Hermes (Mercury) and His Lyre

from Ralph Waldo Emerson, “The Poet,” from Essays: Second Series (1844):

The Universe is the externisation of the soul. Wherever the life is, that bursts into appearance around it. Our science is sensual, and therefore superficial. The earth, and the heavenly bodies, physics, and chemistry, we sensually treat, as if they were self-existent; but these are the retinue of that Being we have. “The mighty heaven,” said Proclus, “exhibits, in its transfigurations, clear images of the splendor of intellectual perceptions; being moved in conjunction with the unapparent periods of intellectual natures.” Therefore, science always goes abreast with the just elevation of the man, keeping step with religion and metaphysics; or, the state of science is an index of our self-knowledge. Since everything in nature answers to a moral power, if any phenomenon remains brute and dark, it is that the corresponding faculty in the observer is not yet active.
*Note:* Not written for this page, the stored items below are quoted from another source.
//! The state of a run, and a trail, in the layout of C.

/// The arrays of a state: the numbers of registers, vectors, promises and the result, and the bytes that say what they stand for.
#[repr(C)]
#[derive(Drop)]
pub struct FirState {
    pub numbers: [i64; 2129],
    pub bytes: [u8; 2632],
}

/// 02, request 8: the arrays of the state that a trail starts at, how many steps lie behind, and, where it is not 0, that none does any more.
#[repr(C)]
#[derive(Drop)]
pub struct FirTrail {
    pub numbers: [i64; 2129],
    pub bytes: [u8; 2632],
    pub steps: u32,
    pub past: u8,
}
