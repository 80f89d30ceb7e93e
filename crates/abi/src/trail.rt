//! 02, request 8: steps, budgets, changes and steps back of a state whose start is kept. The arrays of both and what lies behind are lent.
ghost use Rattle.std.specs.Prelude.{List, ℕ, ℤ};
ghost use Rattle.loaded.specs.Loaded.{program_in};
ghost use Rattle.abi.specs.Held.{stored};
ghost use Rattle.abi.specs.Trails.{AnswersOn, BacksOn, ChangesOn, StepsOn, kept};

use crate::answers::{FirAnswer, FirEntry, FirSaid};
use crate::{answers, parts};
use machine::Vector;

/// The question to the lent buffer.
const BUFFER: u8 = 13;

/// A single step, whatever the start is.
pub fn step<'s>(
    image: &[u8],
    table: &[u8],
    bytes: &'s mut [u8; 2632],
    numbers: &'s mut [i64; 2129],
    steps: &'s mut u32,
    past: &'s mut u8,
) -> FirSaid
    ensures { (b₀ : List ℕ) (n₀ : List ℤ) → StepsOn result (program_in image.now table.now)
        (stored bytes.old numbers.old) (kept b₀ n₀ steps.old past.old)
        (stored bytes.new numbers.new) (kept b₀ n₀ steps.new past.new) }
{
    let pause = trails::step(image, table, bytes, numbers, steps, past);
    parts::said(pause, bytes, numbers)
}

/// At most `budget` steps, after question 13 to the lent buffer, whatever the start is.
pub fn budget<'s>(
    image: &[u8],
    table: &[u8],
    budget: u32,
    buffer: &mut [i64],
    bytes: &'s mut [u8; 2632],
    numbers: &'s mut [i64; 2129],
    steps: &'s mut u32,
    past: &'s mut u8,
) -> FirAnswer
    ensures { (b₀ : List ℕ) (n₀ : List ℤ) → AnswersOn result (program_in image.now table.now) budget
        (stored bytes.old numbers.old) (kept b₀ n₀ steps.old past.old)
        (stored bytes.new numbers.new) (kept b₀ n₀ steps.new past.new)
        buffer.old buffer.new }
{
    if buffer.len() < Vector::ITEMS {
        return answers::refused(BUFFER, 0);
    }
    let counted = trails::resume(image, table, bytes, numbers, steps, past, budget);
    parts::answered(counted, bytes, numbers, buffer)
}

/// Whether the state goes on under the new image: then it is a new start.
pub fn change<'s, 't>(
    old: &[u8],
    new: &[u8],
    bytes: &'s [u8; 2632],
    numbers: &'s [i64; 2129],
    bytes0: &'t mut [u8; 2632],
    numbers0: &'t mut [i64; 2129],
    steps: &'t mut u32,
    past: &'t mut u8,
) -> FirEntry
    ensures { ChangesOn result old.now new.now (stored bytes.now numbers.now)
        (kept bytes0.old numbers0.old steps.old past.old)
        (kept bytes0.new numbers0.new steps.new past.new) }
{
    answers::grant(trails::change(old, new, bytes, numbers, bytes0, numbers0, steps, past))
}

/// A step back, or 20 where none lies behind.
pub fn back<'s>(
    image: &[u8],
    table: &[u8],
    bytes: &'s mut [u8; 2632],
    numbers: &'s mut [i64; 2129],
    bytes0: &'s [u8; 2632],
    numbers0: &'s [i64; 2129],
    steps: &'s mut u32,
    past: &'s u8,
) -> FirEntry
    ensures { BacksOn result (program_in image.now table.now)
        (stored bytes.old numbers.old) (kept bytes0.now numbers0.now steps.old past.now)
        (stored bytes.new numbers.new) (kept bytes0.now numbers0.now steps.new past.now) }
{
    answers::grant(trails::back(image, table, bytes, numbers, bytes0, numbers0, steps, past))
}
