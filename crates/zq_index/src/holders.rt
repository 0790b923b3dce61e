//! Who declared each key, kept beside the faces' own lists so that a key is found by its text.
ghost use Rattle.std.specs.Prelude.{◌≡◌, [], OnOk, OnErr, IfOk, Some, None, true, is_some, find, filter, fold, Bool, not, length, ◌==◌};
ghost use Rattle.std.specs.List.Sorted.{IsStrictlySortedBy};
ghost use Rattle.std.specs.Option.{option_copied};
ghost use Rattle.std.specs.Map.{keys_of, remove_entry, set_value};
ghost use Rattle.std.specs.BTreeMap.{insert_entry, is_at};
ghost use Rattle.std.specs.Ordering.{nat_cmp};
ghost use Rattle.zq_index.specs.Texts.{text_cmp, at_text, Lists, texts_of};
ghost use Rattle.zq_index.specs.Holders.{TellsApart, AreListed, with_holding_by, without_holding_by, with_held, rank_cmp, rank_of, HeldBy};

use crate::info::{merge_qabl_infos, same_info};
use crate::text_set::KeyLists;
use std::alloc::Global;
use std::cmp::Ordering;
use std::collections::{BTreeMap, BTreeSet};
use std::marker::Model;
use zq_key::memory::OutOfMemory;
use zq_key::message::QueryableInfoType;

/// Where a declaration stands, as a face's number and an id there: places have an order that tells
/// them apart, and a copy of one is the same.
pub trait Place: Copy + Ord + Drop {
    ghost tells_apart: { TellsApart Self.cmp };

    ghost copied: { (place copy : Self) → Self.is_clone place copy → copy ≡ place };
}

/// A face's number and an id there.
pub type FacePlace = (u32, u32);

impl Place for FacePlace {
    ghost use Rattle.std.proofs.lemmas.Map.Lookups.{exact_pairs, exact_unsigned};

    ghost tells_apart = { exact_pairs nat_cmp nat_cmp exact_unsigned exact_unsigned };

    ghost copied = { λ place copy same i. (same.0 i, same.1 i) };
}

impl Place for u128 {
    ghost use Rattle.std.proofs.lemmas.Map.Lookups.{exact_unsigned};

    ghost tells_apart = { exact_unsigned };

    ghost copied = { λ place copy same. same };
}

/// A test of places, by which declarations are left out of a merge.
pub trait PlaceTest<P: Place> {
    ghost passes: { Self → P → Bool };

    /// Whether the declaration of the place stays.
    fn is_passed(&self, place: P) -> bool
        ensures { result ≡ passes self.now place };
}

/// The other places.
#[derive(Drop)]
struct Elsewhere<P: Place> {
    place: P,
}

impl<P: Place> PlaceTest<P> for Elsewhere<P> {
    ghost passes = { λ e p. not (is_at (P.cmp e.place) p) };

    fn is_passed(&self, place: P) -> bool {
        self.place.cmp(&place) != Ordering::Equal
    }
}

/// Where an information goes in merging: complete ones first, then the nearer; by place where they
/// are alike.
type Rank<P> = ((bool, u16), P);

/// The declarations on one key: their informations by place, and the ranks of these, so that the
/// merge is the first.
pub struct Holders<P: Place> {
    infos: BTreeMap<P, QueryableInfoType>,
    ranks: BTreeSet<Rank<P>>,
}

impl<P: Place> Drop for Holders<P> {
    fn drop(self) {
        let Holders { infos, ranks } = self;
    }
}

impl<P: Place> Model for Holders<P> {
    ghost use Rattle.zq_index.specs.Holders.{HeldBy, IsRanked};

    ghost Value = { HeldBy P };

    ghost view = { λ h. h.infos.entries };

    ghost invariant = { λ h. IsRanked P.cmp h.infos.entries h.ranks.keys };
}

fn rank<P: Place>(place: P, info: QueryableInfoType) -> Rank<P>
    ensures { result ≡ rank_of place info }
{
    ((!info.complete, info.distance), place)
}
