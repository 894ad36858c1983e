//! Laws of the definitions, which the contracts of functions with no body name.
ghost use Rattle.std.specs.Prelude.{◌≡◌, ◌++◌, ℕ, List, [], ◌∷◌, false, All, Contains};
ghost use Rattle.std.specs.Str.{IsAscii};
ghost use Rattle.dq_vr.specs.declared.Tag.{Tag};
ghost use Rattle.dq_vr.specs.Dictionary.{Entry, dictionary};
ghost use Rattle.dq_dataset.specs.View.{elements_of};
ghost use Rattle.dq_request.specs.declared.search.Key.{Key};
ghost use Rattle.dq_request.specs.declared.search.Subject.{Subject};
ghost use Rattle.dq_request.specs.Searches.{IsMatched, is_of_tag, matched_element, value_in, in_spellings, identifier_of};

/// The identifier of each search has each attribute that keys match, with the value of its key.
pub fn each_attribute_is_asked_for()
    ensures { (subject : Subject) (keys : List Key) (entry : Entry) → Contains dictionary entry → IsMatched entry
        → Contains (elements_of (identifier_of subject keys)) (matched_element keys entry) }
{}

/// The first key of an attribute gives its value, and an attribute without a key has the empty one.
pub fn first_key_counts()
    ensures first { (before after : List Key) (key : Key)
        → All (λ other. is_of_tag key.tag other ≡ false) before
        → value_in (before ++ key ∷ after) key.tag ≡ key.value }
    ensures none { (keys : List Key) (tag : Tag) → All (λ key. is_of_tag tag key ≡ false) keys
        → value_in keys tag ≡ [] }
{}

/// ASCII is asked for as it was given: it is the same in each character set.
pub fn ascii_is_asked_for_as_given()
    ensures { (octets : List ℕ) → IsAscii octets → in_spellings octets ≡ octets }
{}
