//! Responses to requests.
ghost use Rattle.std.specs.Prelude.{◌≡◌, IfOk, string_bytes};
ghost use Rattle.dq_request.specs.Responses.{cause_text, backup_error_word};

use dq_dataset::DataSet;
use dq_list::Listed;
use std::alloc::{AllocError, Global};

/// How many of each kind an institution keeps.
#[derive(Clone, Copy, Debug, PartialEq, Eq)]
pub struct Counts {
    pub studies: u64,
    pub series: u64,
    pub images: u64,
    pub entries: u64,
    pub steps: u64,
}

/// How much the institution of a name keeps.
#[derive(Debug, Drop)]
pub struct Counted {
    pub institution: Listed<u8>,
    pub counts: Counts,
}

/// The reason why the rows were not copied.
#[derive(Clone, Copy, Debug, PartialEq, Eq)]
pub enum BackupError {
    /// There is something at the path already.
    Taken,
    /// The disk is full.
    Full,
    /// One of the two stores failed, or there can be no file at the path.
    Failed,
    NoMemory,
    /// The rows are in memory alone.
    NoStore,
}

/// Why what is asked is not done.
#[derive(Clone, Copy, Debug, PartialEq, Eq)]
pub enum Cause {
    /// An order is refused, with the number of its refusal.
    Order(u16),
    /// A search is refused, with its status (PS3.4 section C.4.1.1.4).
    Search(u16),
    /// No institution has the name.
    Institution,
    /// All rows are not copied.
    Copy(BackupError),
}

/// The response to a request.
#[derive(Drop)]
pub enum Response {
    /// The data sets that a search found, in their order.
    Found(Listed<DataSet>),
    /// How much institutions keep.
    Counted(Listed<Counted>),
    /// The request is done.
    Done,
    /// It is not, and nothing changed.
    Refused(Cause),
}

impl BackupError {
    fn word(self) -> &'static str
        ensures { result.now ≡ backup_error_word self }
    {
        match self {
            BackupError::Taken => "taken",
            BackupError::Full => "full",
            BackupError::Failed => "failed",
            BackupError::NoMemory => "memory",
            BackupError::NoStore => "no store",
        }
    }
}

impl Cause {
    /// The word for it: the number of an order's refusal in decimal digits, 6 where no institution has the
    /// name, the status of a search in four hexadecimal digits, and a word for a copy.
    pub fn text(self, alloc: Global) -> Result<String, AllocError>
        ensures { IfOk result (λ text. string_bytes text ≡ cause_text self) }
    {
        match self {
            Cause::Order(number) => format!(in alloc; "{number}"),
            Cause::Search(status) => hex::encode_upper(alloc, status.to_be_bytes()),
            Cause::Institution => String::from_str(alloc, "6"),
            Cause::Copy(refusal) => String::from_str(alloc, refusal.word()),
        }
    }
}
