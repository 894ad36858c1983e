//! Searches of what an institution keeps: by keys, and a page at a time.
ghost use Rattle.std.specs.Prelude.{◌≡◌, ◌≢◌, ◌<◌, ◌≤◌, ◌^◌, ℕ, List, [], length, option_copied, find, Some, None, IfOk, IfSome, MatchOption, MatchBool};
ghost use Rattle.percent_encoding.specs.Percent.{percent_decode};
ghost use Rattle.dq_request.specs.declared.search.Subject.TheVariants.{Steps};
ghost use Rattle.dq_request.specs.Searches.{IsNumber, SpellsShort, SpellsOctets, uid_octet, SpellsUids, SpellsText, has_spellings, GivesValue, GivesKey, HasEquals, name_in, text_in, pages_by_key, TakesLimit, TakesOffset, TakesAfter, TakesKey, TakesNamed, TakesWord, RefusesWord, GivesOctets, value_most, identifier_of};

use crate::identifier::{asked_identifier, worklist_identifier};
use crate::spelled_values::in_spellings;
use dq_dataset::DataSet;
use dq_json::tag_named;
use dq_list::Listed;
use dq_match::ShownPage;
use dq_vr::{Tag, Vr, lookup};
use percent_encoding::percent_decode;
use std::alloc::{AllocError, Global};

/// The most octets of a value.
const VALUE_MOST: usize = 65_534;

/// The subject of a search.
#[derive(Clone, Copy, Debug, PartialEq, Eq)]
pub enum Subject {
    Studies,
    Series,
    /// Images of one series.
    Images,
    /// Images of all series of a study.
    StudyImages,
    Worklist,
    Steps,
}

impl Subject {
    /// Whether a page of such a search may begin after a unique key.
    pub fn pages_by_key(self) -> bool
        ensures { result ≡ pages_by_key self }
    {
        matches!(self, Subject::Studies | Subject::Series | Subject::Images)
    }
}

/// An attribute, and the value that it is to match, before that is padded.
#[derive(Debug, Drop)]
pub struct Key {
    pub tag: Tag,
    pub value: Listed<u8>,
}

/// A search of what an institution keeps: the keys that it is to match, and the page that is shown.
#[derive(Debug, Drop)]
pub struct Search {
    pub subject: Subject,
    pub institution: Listed<u8>,
    pub keys: Listed<Key>,
    /// The unique key after which the rows of its pages begin; with none they begin with the first.
    pub after: Option<Listed<u8>>,
    pub page: ShownPage,
}

/// The name and the text of a word, before and behind the first equals sign.
fn halves_of(word: &str) -> Option<(&str, &str)>
    ensures { MatchOption result (HasEquals word.now → ⊥) (λ halves. HasEquals word.now
        × (halves.0.now ≡ name_in word.now) × (halves.1.now ≡ text_in word.now)) }
{
    match word.split_once('=') {
        Some(halves) => Some(halves),
        None => None,
    }
}

/// The octets of an unsigned short that a text spells.
fn short_of(alloc: Global, text: &str) -> Result<Option<Listed<u8>>, AllocError>
    ensures { IfOk result (λ value. MatchOption value
        ((octets : List ℕ) → SpellsShort text.now octets → ⊥) (SpellsShort text.now)) }
{
    let Ok(number) = text.parse::<u16>() else {
        return Ok(None);
    };
    Ok(Some(Listed::copy_of(alloc, &number.to_le_bytes())?))
}

/// The octets that a text spells, %XX for one of them.
fn octets_of(alloc: Global, text: &str) -> Result<Option<Listed<u8>>, AllocError>
    ensures { IfOk result (λ value. MatchOption value (value_most < length (percent_decode text.now))
        (SpellsOctets text.now)) }
{
    let mut octets = Vec::new(alloc);
    percent_decode(text.as_bytes()).append_to(&mut octets)?;
    if octets.len() > VALUE_MOST {
        return Ok(None);
    }
    Ok(Some(Listed::from_inner(octets)))
}

/// Turns a comma in a list of UIDs (PS3.18 section 8.3.4.1) into the separator of values (PS3.5
/// section 6.4).
fn uid_octet(octet: u8) -> u8
    ensures { result ≡ uid_octet octet }
{
    if octet == b',' { b'\\' } else { octet }
}

/// The UIDs that a text spells, with a comma or a backslash between two.
fn uids_of(alloc: Global, text: &str) -> Result<Option<Listed<u8>>, AllocError>
    ensures { IfOk result (λ value. MatchOption value (value_most < length (percent_decode text.now))
        (SpellsUids text.now)) }
{
    let Some(octets) = octets_of(alloc, text)? else {
        return Ok(None);
    };
    let mut uids = Listed::empty(alloc);
    for octet in octets.as_slice() {
        uids.push(uid_octet(*octet))?;
    }
    Ok(Some(uids))
}

fn has_spellings(vr: Vr) -> bool
    ensures { result ≡ has_spellings vr }
{
    matches!(vr, Vr::LO | Vr::PN | Vr::SH | Vr::UC)
}

/// The values that a text gives an attribute whose records may be in several character sets, each in each of
/// its spellings.
fn text_of(alloc: Global, text: &str) -> Result<Option<Listed<u8>>, AllocError>
    ensures { IfOk result (λ value. MatchOption value (value_most < length (percent_decode text.now))
        (SpellsText text.now)) }
{
    let Some(octets) = octets_of(alloc, text)? else {
        return Ok(None);
    };
    Ok(Some(in_spellings(alloc, octets.as_slice())?))
}

/// The value that a text gives an attribute of a VR. Of others than text, UIDs and unsigned shorts only the
/// empty one can be given.
fn value_given(alloc: Global, vr: Vr, text: &str) -> Result<Option<Listed<u8>>, AllocError>
    ensures { IfOk result (λ value. MatchOption value
        ((octets : List ℕ) → GivesValue vr text.now octets → ⊥) (GivesValue vr text.now)) }
{
    if vr == Vr::US && !text.is_empty() {
        return short_of(alloc, text);
    }
    if vr == Vr::UI {
        return uids_of(alloc, text);
    }
    if has_spellings(vr) {
        return text_of(alloc, text);
    }
    if !vr.is_text() && !text.is_empty() {
        return Ok(None);
    }
    octets_of(alloc, text)
}

/// The key that a name and a text give.
fn key_given(alloc: Global, name: &str, text: &str) -> Result<Option<Key>, AllocError>
    ensures { IfOk result (λ key. MatchOption key
        ((it : Key) → GivesKey name.now text.now it → ⊥) (GivesKey name.now text.now)) }
{
    let Some(tag) = tag_named(name) else {
        return Ok(None);
    };
    let Some(vr) = lookup(tag) else {
        return Ok(None);
    };
    match value_given(alloc, vr, text)? {
        Some(value) => Ok(Some(Key { tag, value })),
        None => Ok(None),
    }
}

impl Search {
    /// A search without keys, of a page of so many.
    pub fn new(alloc: Global, subject: Subject, institution: Listed<u8>, limit: usize) -> Search
        ensures { result ≡ record {
          subject = subject;
          institution = institution;
          keys = [];
          after = None;
          page = record { offset = 0; limit = limit };
        } }
    {
        Search {
            subject,
            institution,
            keys: Listed::empty(alloc),
            after: None,
            page: ShownPage { offset: 0, limit },
        }
    }

    /// Takes a word: `KEYWORD=VALUE`, a number of the page, `limit=N` or `offset=N`, or the unique key after which
    /// it begins, `after=UID`. The answer is whether it is one. Of several keys of an attribute the first counts;
    /// steps have no keys, and only studies, series and images of a series have pages that begin after one.
    pub fn take_word(&mut self, alloc: Global, word: &str) -> Result<bool, AllocError>
        ensures { IfOk result (λ is_taken. MatchBool is_taken (TakesWord word.now self.old self.new)
            (RefusesWord word.now self.old × (self.new ≡ self.old))) }
    {
        let Some((name, text)) = halves_of(word) else {
            return Ok(false);
        };
        self.take_named(alloc, name, text)
    }

    fn take_named(&mut self, alloc: Global, name: &str, text: &str) -> Result<bool, AllocError>
        ensures { IfOk result (λ is_taken. MatchBool is_taken (TakesNamed name.now text.now self.old self.new)
            (((new : Search) → TakesNamed name.now text.now self.old new → ⊥) × (self.new ≡ self.old))) }
    {
        if name == "limit" {
            return Ok(self.take_limit(text));
        }
        if name == "offset" {
            return Ok(self.take_offset(text));
        }
        if name == "after" {
            return self.take_after(alloc, text);
        }
        self.take_key(alloc, name, text)
    }

    fn take_limit(&mut self, text: &str) -> bool
        ensures { MatchBool result (TakesLimit text.now self.old self.new)
            (((new : Search) → TakesLimit text.now self.old new → ⊥) × (self.new ≡ self.old)) }
    {
        let Ok(number) = text.parse::<usize>() else {
            return false;
        };
        self.page.limit = number;
        true
    }

    fn take_offset(&mut self, text: &str) -> bool
        ensures { MatchBool result (TakesOffset text.now self.old self.new)
            (((new : Search) → TakesOffset text.now self.old new → ⊥) × (self.new ≡ self.old)) }
    {
        let Ok(number) = text.parse::<usize>() else {
            return false;
        };
        self.page.offset = number;
        true
    }

    fn take_after(&mut self, alloc: Global, text: &str) -> Result<bool, AllocError>
        ensures { IfOk result (λ is_taken. MatchBool is_taken (TakesAfter text.now self.old self.new)
            (((new : Search) → TakesAfter text.now self.old new → ⊥) × (self.new ≡ self.old))) }
    {
        if !self.subject.pages_by_key() {
            return Ok(false);
        }
        let Some(key) = octets_of(alloc, text)? else {
            return Ok(false);
        };
        self.after = Some(key);
        Ok(true)
    }

    fn take_key(&mut self, alloc: Global, name: &str, text: &str) -> Result<bool, AllocError>
        ensures { IfOk result (λ is_taken. MatchBool is_taken (TakesKey name.now text.now self.old self.new)
            (((new : Search) → TakesKey name.now text.now self.old new → ⊥) × (self.new ≡ self.old))) }
    {
        if self.subject == Subject::Steps {
            return Ok(false);
        }
        let Some(key) = key_given(alloc, name, text)? else {
            return Ok(false);
        };
        self.keys.push(key)?;
        Ok(true)
    }

    /// Takes the value of an attribute as it is in a path (RFC 3986 section 3.3). The answer is whether it is
    /// short enough.
    pub fn take_value(&mut self, alloc: Global, tag: Tag, text: &str) -> Result<bool, AllocError>
        ensures { IfOk result (λ is_taken. MatchBool is_taken (GivesOctets text.now tag self.old self.new)
            ((value_most < length (percent_decode text.now)) × (self.new ≡ self.old))) }
    {
        let Some(value) = octets_of(alloc, text)? else {
            return Ok(false);
        };
        self.keys.push(Key { tag, value })?;
        Ok(true)
    }

    /// The identifier that asks for this search: each attribute of the dictionary, with the value of its key.
    pub fn identifier(&self, alloc: Global) -> Result<DataSet, AllocError>
        ensures { IfOk result (λ identifier. identifier ≡ identifier_of self.now.subject self.now.keys) }
    {
        let keys = self.keys.as_slice();
        if self.subject == Subject::Worklist {
            return worklist_identifier(alloc, keys);
        }
        asked_identifier(alloc, self.subject.level(), None, keys)
    }
}
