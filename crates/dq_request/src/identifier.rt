//! The identifier that asks for a search.
ghost use Rattle.std.specs.Prelude.{◌≡◌, [], Some, None, IfOk, IfSome, option_copied, find};
ghost use Rattle.dq_dataset.specs.Rules.{is_sequence, padded_value};
ghost use Rattle.dq_vr.specs.Dictionary.{dictionary};
ghost use Rattle.dq_request.specs.declared.search.Subject.TheVariants.{Worklist};
ghost use Rattle.dq_request.specs.Searches.{is_of_tag, value_in, level_of, asked_octets, asked_items, asked_value, asked_element, asked_elements, asked_identifier, identifier_of, IsItem};

use crate::search::{Key, Subject};
use dq_dataset::{DataSet, Element, Value};
use dq_list::Listed;
use dq_vr::{DICTIONARY, Tag, Vr, dictionary_law, tags};
use std::alloc::{AllocError, Global};

impl Subject {
    /// The Query/Retrieve Level of a search (PS3.4 section C.6.2.1), where it has one.
    pub(crate) fn level(self) -> &'static [u8]
        ensures { result.now ≡ level_of self }
    {
        match self {
            Subject::Studies => b"STUDY",
            Subject::Series => b"SERIES",
            Subject::Images | Subject::StudyImages => b"IMAGE",
            Subject::Worklist | Subject::Steps => b"",
        }
    }
}

fn key_of(keys: &[Key], tag: Tag) -> Option<&Key>
    ensures { option_copied result ≡ find (is_of_tag tag) keys.now }
{
    keys.iter().find(|key| key.tag == tag)
}

/// The value of the first key of a tag, which is empty if there is none.
fn value_in(keys: &[Key], tag: Tag) -> &[u8]
    ensures { result.now ≡ value_in keys.now tag }
{
    match key_of(keys, tag) {
        Some(key) => key.value.as_slice(),
        None => &[],
    }
}

/// The octets of an attribute, before they are padded: the level, or those of its key.
fn asked_octets<'a>(level: &'a [u8], keys: &'a [Key], tag: Tag) -> &'a [u8]
    ensures { result.now ≡ asked_octets level.now keys.now tag }
{
    if tag == tags::QUERY_RETRIEVE_LEVEL {
        return level;
    }
    value_in(keys, tag)
}

/// A value with the pad that makes it even (PS3.5 section 6.2).
fn padded(alloc: Global, vr: Vr, value: &[u8]) -> Result<Listed<u8>, AllocError>
    ensures { IfOk result (λ octets. octets ≡ padded_value vr value.now) }
{
    let mut octets = Vec::from_slice(alloc, value)?;
    if octets.len() % 2 == 1 {
        octets.push(if vr.is_text() { b' ' } else { 0 })?;
    }
    Ok(Listed::from_inner(octets))
}

/// The items of a sequence.
fn asked_items(
    alloc: Global,
    step: Option<&DataSet>,
    tag: Tag,
) -> Result<Listed<DataSet>, AllocError>
    ensures { IfOk result (λ items. items ≡ asked_items (option_copied step.entry) tag) }
{
    let mut items = Listed::empty(alloc);
    if tag != tags::SCHEDULED_PROCEDURE_STEP_SEQUENCE {
        return Ok(items);
    }
    let Some(step) = step else {
        return Ok(items);
    };
    items.push(step.copied(alloc)?)?;
    Ok(items)
}

fn is_sequence(vr: Vr) -> bool
    ensures { result ≡ is_sequence (Some vr) }
{
    matches!(vr, Vr::SQ)
}

fn asked_value(
    alloc: Global,
    level: &[u8],
    step: Option<&DataSet>,
    keys: &[Key],
    entry: (Tag, Vr),
) -> Result<Value, AllocError>
    ensures { IfOk result (λ value. value ≡ asked_value level.now (option_copied step.entry) keys.now entry) }
{
    let (tag, vr) = entry;
    if is_sequence(vr) {
        return Ok(Value::Items(asked_items(alloc, step, tag)?));
    }
    Ok(Value::Octets(padded(alloc, vr, asked_octets(level, keys, tag))?))
}

/// The attributes of a dictionary but the character set, as they are asked for.
fn asked_elements(
    alloc: Global,
    level: &[u8],
    step: Option<&DataSet>,
    keys: &[Key],
    entries: &[(Tag, Vr)],
) -> Result<Vec<Element>, AllocError>
    ensures { IfOk result (λ elements. elements.items
        ≡ asked_elements level.now (option_copied step.entry) keys.now entries.now) }
{
    let mut elements = Vec::new(alloc);
    for entry in entries {
        let (tag, vr) = *entry;
        if tag != tags::SPECIFIC_CHARACTER_SET {
            let value = asked_value(alloc, level, step, keys, *entry)?;
            elements.push(Element { tag, vr, value })?;
        }
    }
    Ok(elements)
}

/// The dictionary's entries.
fn entries() -> &'static [(Tag, Vr)]
    ensures { result.now ≡ dictionary }
{
    &DICTIONARY
}

/// The identifier of a level and of keys, and of the item with those of the scheduled procedure step.
pub(crate) fn asked_identifier(
    alloc: Global,
    level: &[u8],
    step: Option<&DataSet>,
    keys: &[Key],
) -> Result<DataSet, AllocError>
    requires { IfSome (option_copied step) IsItem }
    ensures { IfOk result (λ identifier.
        identifier ≡ asked_identifier level.now (option_copied step.entry) keys.now) }
{
    dictionary_law();
    let elements = asked_elements(alloc, level, step, keys, entries())?;
    Ok(DataSet::from_elements(elements))
}

/// The identifier of a worklist query. Keys of the scheduled procedure step stand in the item of (0040,0100).
pub(crate) fn worklist_identifier(alloc: Global, keys: &[Key]) -> Result<DataSet, AllocError>
    ensures { IfOk result (λ identifier. identifier ≡ identifier_of Worklist keys.now) }
{
    dictionary_law();
    let step = asked_identifier(alloc, &[], None, keys)?;
    asked_identifier(alloc, &[], Some(&step), keys)
}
No wonder, then, if these waters be so deep, that we hover over them with a religious regard. The beauty of the fable proves the importance of the sense; to the poet, and to all others; or, if you please, every man is so far a poet as to be susceptible of these enchantments of nature: for all men have the thoughts whereof the universe is the celebration.

The Planet

The Planet

I don’t understand poetry. Most of the time I just don’t get it. Unless I wrote it. Then I understand it perfectly well. Should anyone have to explain his poetry? Only if he is not a poet.

I’ve been playing with words the past few days (weeks), playing in private, playing to drown out the cacophony of  the political disaster in the making (what is wrong with the American people, anyway?). Playing with words to drown the cacophony of my own mind—a cacophony I cannot share. Playing with words to drown the cacophony of technological gadgetry in which I am (we all are) being submerged, and which I do not understand. So I run to words.  My words don’t have to make sense to anyone but me. I will, however, share a few of them.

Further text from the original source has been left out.